= Garth Woodside Mansion =

The Garth Woodside Mansion (also known as the John Garth House, The Woodside, Woodside Place) is an 1871 "Second Empire" Italianate mansion built by Col. John H. Garth. The Garth Mansion is located in Ralls County in Hannibal, Missouri. The Mansion is a wonderful example of this style. John H. Garth played a significant role in the areas lumber, banking and many others in the Hannibal area. Many consider the Garth Mansion one of the finest examples of this style of architecture. The Garth Woodside Mansion is currently a Bed and Breakfast and restaurant. Approx 85-90% of the furnishings on the second floor are the original pieces used to furnish the home when the mansion's construction was completed in 1871.

==Exterior==
The exterior of the Garth Mansion is made of wood most likely from John Garth's own lumber mills. Only small sections and pieces have been replaced over the years near the base of the building, the second story porch, and near the Western side of the mansion where most of the additions have been placed. The Garth Mansion is a "Painted Lady" home (cite the source of America's Painted Lady's Book)

==Basement==
The Garth Mansion and the Woodside Restaurant feature a sub level basement. The basement is the same size as the first floor. The floor is compacted dirt, with plots of concrete to support the furnaces that were installed. A drop ceiling was once present, but has now been removed. Current use of the basement under the mansion is storage. Current use under the Woodside Restaurant is additional dry storage and wine cellar.
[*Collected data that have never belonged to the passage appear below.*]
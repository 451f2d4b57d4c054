// The compact table of Jacobians: what the mass operator and the factors read of the rows, gathered once.

#![tactic(auto)]

pub mod compact; // compact.rt: twelve doubles and two body numbers a row

pub use compact::{compact_at, gather};
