// The files of standard input, one at a time. No contract can say what is read.
ghost use Rattle.std.specs.Prelude.{◌≤◌, length};

use crate::lent::print_lent;
use job_sheet::{Sheet, write_sheet};
use little_endian::half;
use program_io::read_full;

// A file's length, then the file, through short reads: how many bytes were read, none at the end. A length that the space has not the room for ends the list.
fn next_file(rt: &HostRuntime, space: &mut [u8]) -> usize
    requires { 4 ≤ length space.old }
    ensures { result ≤ length space.old }
{
    let head = read_full(rt, &mut space[..4]);
    if head < 4 {
        return 0;
    }
    let end = 4 + half(space, 0) as usize;
    if space.len() < end {
        return 0;
    }
    4 + read_full(rt, &mut space[4..end])
}

fn print_sheet(rt: &HostRuntime, sheet: Sheet, file: &[u8], text: &mut [u8])
    requires { 16384 ≤ length text.old }
{
    let end = write_sheet(sheet, file, text);
    let _ = rt.write_all(&text[..end]);
}

// A list has far fewer files than are read at most.
pub fn print_sheets(rt: &HostRuntime, sheet: Sheet, space: &mut [u8], text: &mut [u8])
    requires in_bounds { 4 ≤ length space.old }
    requires in_bounds_2 { 16384 ≤ length text.old }
{
    for _ in 0..1000 {
        let end = next_file(rt, space);
        if end < 4 {
            return;
        }
        print_sheet(rt, sheet, &space[4..end], text);
    }
}

// The same through the functions for C.
pub fn print_lent_sheets(rt: &HostRuntime, space: &mut [u8], text: &mut [u8])
    requires in_bounds { 4 ≤ length space.old }
    requires in_bounds_2 { 16384 ≤ length text.old }
{
    for _ in 0..1000 {
        let end = next_file(rt, space);
        if end < 4 {
            return;
        }
        print_lent(rt, &space[4..end], text);
    }
}
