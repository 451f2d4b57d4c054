// A job through the functions for C, in memory as a caller in C lends it: that of 8 rows and 4 bodies in mode 1, and of no other job.
ghost use Rattle.std.specs.Prelude.{◌≤◌, length};

use job_file::{Trailer, read_job};
use kapitsa_c::{kapitsa_closing_check, kapitsa_solve_position};
use kapitsa_joint::Maxima;
use listing::{write_listing, write_refusal};

fn solved(
    trailer: Trailer,
    numbers: &mut [f64],
    words: &[u32],
    masses: &[f64],
    centres: &[f64],
    solution: &mut [f64],
    impulses: &mut [f64],
    new_centres: &mut [f64],
    counts: &mut [u32],
    maxima: &mut [f64],
) -> u32 {
    let mut rule_numbers: [u32; 8] = [0; 8];
    let mut jacobians: [f64; 96] = [0.0; 96];
    let mut links: [u32; 16] = [0; 16];
    let mut tolerances: [f64; 8] = [0.0; 8];
    let mut diagonal: [f64; 8] = [0.0; 8];
    let mut residual: [f64; 8] = [0.0; 8];
    let mut pending: [f64; 8] = [0.0; 8];
    let mut direction: [f64; 8] = [0.0; 8];
    let mut product: [f64; 8] = [0.0; 8];
    let mut body_impulses: [f64; 24] = [0.0; 24];
    let mut pattern: [u32; 37] = [0; 37];
    let mut order: [u32; 64] = [0; 64];
    let mut values: [f64; 28] = [0.0; 28];
    kapitsa_solve_position(
        numbers,
        words,
        masses,
        centres,
        &[0, 0, 255, 1, 0, 255],
        &[trailer.tolerance.linear_m, trailer.tolerance.angular_rad],
        trailer.rows,
        trailer.bodies,
        trailer.limit,
        trailer.mode,
        0.0,
        solution,
        impulses,
        new_centres,
        &mut rule_numbers,
        counts,
        maxima,
        &mut jacobians,
        &mut links,
        &mut tolerances,
        &mut diagonal,
        &mut residual,
        &mut pending,
        &mut direction,
        &mut product,
        &mut body_impulses,
        &mut pattern,
        &mut order,
        &mut values,
    )
}

// The verdict, or the refusal's number; the measured gap into `gap`.
fn verdict(
    trailer: Trailer,
    numbers: &[f64],
    words: &[u32],
    masses: &[f64],
    centres: &[f64],
    multipliers: &[f64],
    gap: &mut [f64],
) -> u32 {
    let mut told: [u32; 1] = [0; 1];
    let mut rule_numbers: [u32; 8] = [0; 8];
    let mut impulses: [f64; 24] = [0.0; 24];
    let mut size_impulses: [f64; 24] = [0.0; 24];
    let mut values: [f64; 8] = [0.0; 8];
    let mut sizes: [f64; 8] = [0.0; 8];
    let refusal = kapitsa_closing_check(
        numbers,
        words,
        masses,
        centres,
        &[0, 0, 255, 1, 0, 255],
        &[trailer.tolerance.linear_m, trailer.tolerance.angular_rad],
        trailer.rows,
        trailer.bodies,
        multipliers,
        &mut rule_numbers,
        &mut told,
        gap,
        &mut impulses,
        &mut size_impulses,
        &mut values,
        &mut sizes,
    );
    if refusal == 0 {
        return told[0];
    }
    refusal
}

// The sheet of an accepted job.
fn write_accepted(
    count: u32,
    flag: u32,
    gap: Maxima,
    carried: Maxima,
    closes: u32,
    numbers: &[f64],
    impulses: &[f64],
    spare: u32,
    new_centres: &[f64],
    out: &mut [u8],
) -> usize
    requires { (216 ≤ length numbers.now) × (24 ≤ length impulses.now) × (12 ≤ length new_centres.now) × (16384 ≤ length out.old) }
    ensures { result ≤ length out.old }
{
    write_listing(
        count,
        flag == 1,
        gap,
        carried,
        closes,
        8,
        4,
        numbers,
        impulses,
        spare,
        new_centres,
        out,
    )
}

// The sheet of what is told.
fn write_told(
    trailer: Trailer,
    numbers: &mut [f64],
    words: &[u32],
    masses: &[f64],
    centres: &[f64],
    out: &mut [u8],
) -> usize
    requires { (216 ≤ length numbers.old) × (16384 ≤ length out.old) }
    ensures { result ≤ length out.old }
{
    let mut solution: [f64; 8] = [0.0; 8];
    let mut impulses: [f64; 24] = [0.0; 24];
    let mut new_centres: [f64; 12] = [0.0; 12];
    let mut counts: [u32; 2] = [0; 2];
    let mut maxima: [f64; 2] = [0.0; 2];
    let refusal = solved(
        trailer,
        numbers,
        words,
        masses,
        centres,
        &mut solution,
        &mut impulses,
        &mut new_centres,
        &mut counts,
        &mut maxima,
    );
    if refusal != 0 {
        return write_refusal(refusal, out);
    }
    let mut gap: [f64; 2] = [0.0; 2];
    let closes = verdict(
        trailer, numbers, words, masses, centres, &solution, &mut gap,
    );
    write_accepted(
        counts[0],
        counts[1],
        Maxima {
            linear: gap[0],
            angular: gap[1],
        },
        Maxima {
            linear: maxima[0],
            angular: maxima[1],
        },
        closes,
        numbers,
        &impulses,
        trailer.spare,
        &new_centres,
        out,
    )
}

pub fn print_lent(rt: &HostRuntime, file: &[u8], text: &mut [u8])
    requires { 16384 ≤ length text.old }
{
    let mut numbers: [f64; 216] = [0.0; 216];
    let mut words: [u32; 64] = [0; 64];
    let mut masses: [f64; 40] = [0.0; 40];
    let mut centres: [f64; 12] = [0.0; 12];
    let Ok(trailer) = read_job(file, &mut numbers, &mut words, &mut masses, &mut centres) else {
        return;
    };
    let end = write_told(trailer, &mut numbers, &words, &masses, &centres, text);
    let _ = rt.write_all(&text[..end]);
}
The basement under the Woodside Restaurant is concrete. Several cisterns (five) were discovered and filled during the construction of the basement of the Woodside Restaurant.

==First floor==
The main floor of the Garth Mansion holds approximately 90% of the original furnishings. It is very fortunate to still contain so many of the original museum quality pieces to grace the mansion. The first floor of the mansion is slightly elevated as the mansion was built halfway on a slight hill. The main entrance of the Garth Mansion, found on the eastern side of the building, is located on a large wraparound veranda up a grand staircase.

==Outbuildings==
Of the six original buildings, only four are still standing. The main house, a houseman's house, one stable barn are still intact. The ice house has been reduced to about 40 percent of its original structure and two additional barns have been demolished for safety concerns. The current barn that is still standing is used for llamas that live in a pasture just beyond the Western side of the Mansion. Other buildings have been built with the purpose of renting them out to travelers. The "Dowager House" was completed in 2002. The Dowager is a 1600 sqft building southwest of the mansion overlooking the largest pond on the current property. Two other cottages have been built with the intention of renting out as well. They are nearly identical and are located west of the main house.

==New construction==
Approximately 20 years after the Garth Mansion was completed, Mrs. Helen K. Garth expanded the square porch to become a true wraparound veranda large enough for many family and friends to enjoy the picturesque view both south and east. When the Garth Mansion was transformed into an operating Bed and Breakfast in 1987 many changes had been made to accommodate overnight guests. Each of the rooms featured a large closet. These closets are now used as restrooms and retrofitted with running water and sewer. The original method of heating the mansion was carbide gas. The original gas pipes now serve as tubing to hold electrical wire. This wire powers the lights that replace the wicks in lamps and light fixtures of which many are original to the house.